Automated Saliency Prediction Applied to Cinema Studies
​​
​This article examines how filmmakers use visual saliency—the prominent elements that attract attention—to guide audiences emotionally. By comparing CNN-based saliency maps with real eye-tracking data, the study explores cinema’s historical shift from single-shot to multi-shot storytelling, showing that saliency guidance played a key role in the emergence of film editing.​
​
Dissemination:
-NECS Annual Conference 2022 @ Bucharest, Romania
-CUT/GENERATE Conference 2025 @ Paris, France
-Published in Projections: The Journal for Movies and Mind. Issue 3, Winter 2023. Co-authored with Professor Suren Jayasuriya PhD.
Abstract
In visual cognition research, saliency refers to the prominence
of specific elements in a scene. Moreover, saliency guidance is part of a
filmmaker’s toolset to build narratives and guide the audience into emotive
responses. This article compares two Convolutional Neural Network (CNN)

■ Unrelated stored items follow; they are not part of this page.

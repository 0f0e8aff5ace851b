//! Requests that are cancelled.

ghost use Rattle.pg_open.specs.Cancelling.{IsStillOpen};

use crate::connector::Connector;
use crate::endings::{tell_choice, tell_chosen, tell_error};
use crate::setting;
use futures::task::Poll;
use pg_cases::words::{at, text_at};
use pg_config::Config;
use pg_errors::Error;
use pg_open::{CancelQuery, CancelStage, CancelToken, SessionInfo};
use pg_wire::MemoryLink;
use std::alloc::{AllocError, Global};

/// How often a case is polled at most.
const POLLS: u32 = 9;

/// What the links took.
fn tell_stage(
    stage: &CancelStage<MemoryLink, Connector>,
    out: &mut String,
) -> Result<(), AllocError> {
    match stage {
        CancelStage::Choosing(choice) => tell_choice(choice, out),
        CancelStage::Sending(link, _) => tell_chosen(link, out),
        CancelStage::Over(Some(link)) => tell_chosen(link, out),
        CancelStage::Over(None) => Ok(()),
    }
}

/// What the last poll answered, and what the links took.
fn tell_answer(
    answer: &Result<(), Error>,
    stage: &CancelStage<MemoryLink, Connector>,
    out: &mut String,
) -> Result<(), AllocError> {
    match answer {
        Ok(()) => out.push_str(" cancelled")?,
        Err(error) => tell_error(error, out)?,
    }
    tell_stage(stage, out)
}

/// The same of an answer that is owned here alone.
fn tell_ready(
    answer: Result<(), Error>,
    stage: &CancelStage<MemoryLink, Connector>,
    out: &mut String,
) -> Result<(), AllocError> {
    tell_answer(&answer, stage, out)
}

/// Polls until it answers.
fn tell_polls(
    alloc: Global,
    query: CancelQuery<MemoryLink, Connector>,
    out: &mut String,
) -> Result<(), AllocError>
    requires open { IsStillOpen query.stage }
{
    let mut query = query;
    'polls: for _ in 0..POLLS {
        match query.poll(alloc) {
            Poll::Ready(answer) => return tell_ready(answer, &query.stage, out),
            Poll::Pending => out.push_str(" pending")?,
        }
    }
    out.push_str(" waits")?;
    tell_stage(&query.stage, out)
}

/// Cancels by the words: the process, the key, the connection string, the connector and what the server gives.
pub(crate) fn tell(alloc: Global, words: &[Vec<u8>], out: &mut String) -> Result<(), AllocError> {
    let config = match Config::from_str(alloc, text_at(words, 3)) {
        Ok(config) => config,
        Err(error) => return tell_error(&error, out),
    };
    let info = SessionInfo {
        process_id: text_at(words, 1).parse::<i32>().unwrap_or(0),
        secret_key: text_at(words, 2).parse::<i32>().unwrap_or(0),
        ssl_mode: config.get_ssl_mode(),
        ssl_negotiation: config.get_ssl_negotiation(),
    };
    let rest = words.get(5..).unwrap_or(&[]);
    let (link, connector) = setting::read(alloc, at(words, 4), rest)?;
    tell_polls(
        alloc,
        CancelToken::new(&info).cancel_query_raw(link, connector),
        out,
    )
}
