//! What a case of passwords calls.

use crate::{open_cases, passwords, scram};
use pg_cases::words::{at, text_at};
use std::alloc::{AllocError, Global};

/// What a case of passwords or of a session's beginning gives, by its first word.
pub(crate) fn tell(alloc: Global, words: &[Vec<u8>], out: &mut String) -> Result<(), AllocError> {
    match text_at(words, 0) {
        "hmac" => passwords::tell_mac(alloc, words, out),
        "proof" => passwords::tell_proof(alloc, words, out),
        "md5" => passwords::tell_md5(alloc, words, out),
        "scram" => scram::tell(alloc, words, out),
        "challenge" => scram::tell_challenge(alloc, at(words, 1), out),
        "verdict" => scram::tell_verdict(alloc, at(words, 1), out),
        _ => open_cases::tell(alloc, words, out),
    }
}
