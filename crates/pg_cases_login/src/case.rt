//! What a case of settings or attempts calls.

use crate::{attempts, scram_cases, settings};
use pg_cases::words::{at, text_at};
use std::alloc::{AllocError, Global};

/// What a case gives, by its first word.
pub(crate) fn tell(alloc: Global, words: &[Vec<u8>], out: &mut String) -> Result<(), AllocError> {
    match text_at(words, 0) {
        "settings" => settings::tell(alloc, text_at(words, 1), out),
        "debug" => settings::tell_debug(alloc, text_at(words, 1), out),
        "setters" => settings::tell_setters(alloc, out),
        "attempts" => attempts::tell(alloc, at(words, 1), text_at(words, 2), out),
        _ => scram_cases::tell(alloc, words, out),
    }
}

saliency mapping models with viewers’ eye-position mapping to investigate
the potentiality of automated saliency mapping in moving image studies by
analyzing saliency’s role during cinema’s transition from one-shot to multi-
ple-shot. Although the exact moment when montage and editing methods
appeared cannot be identifi ed with precision, findings suggest one of the
reasons for this transition was saliency guidance, hence its preponderance.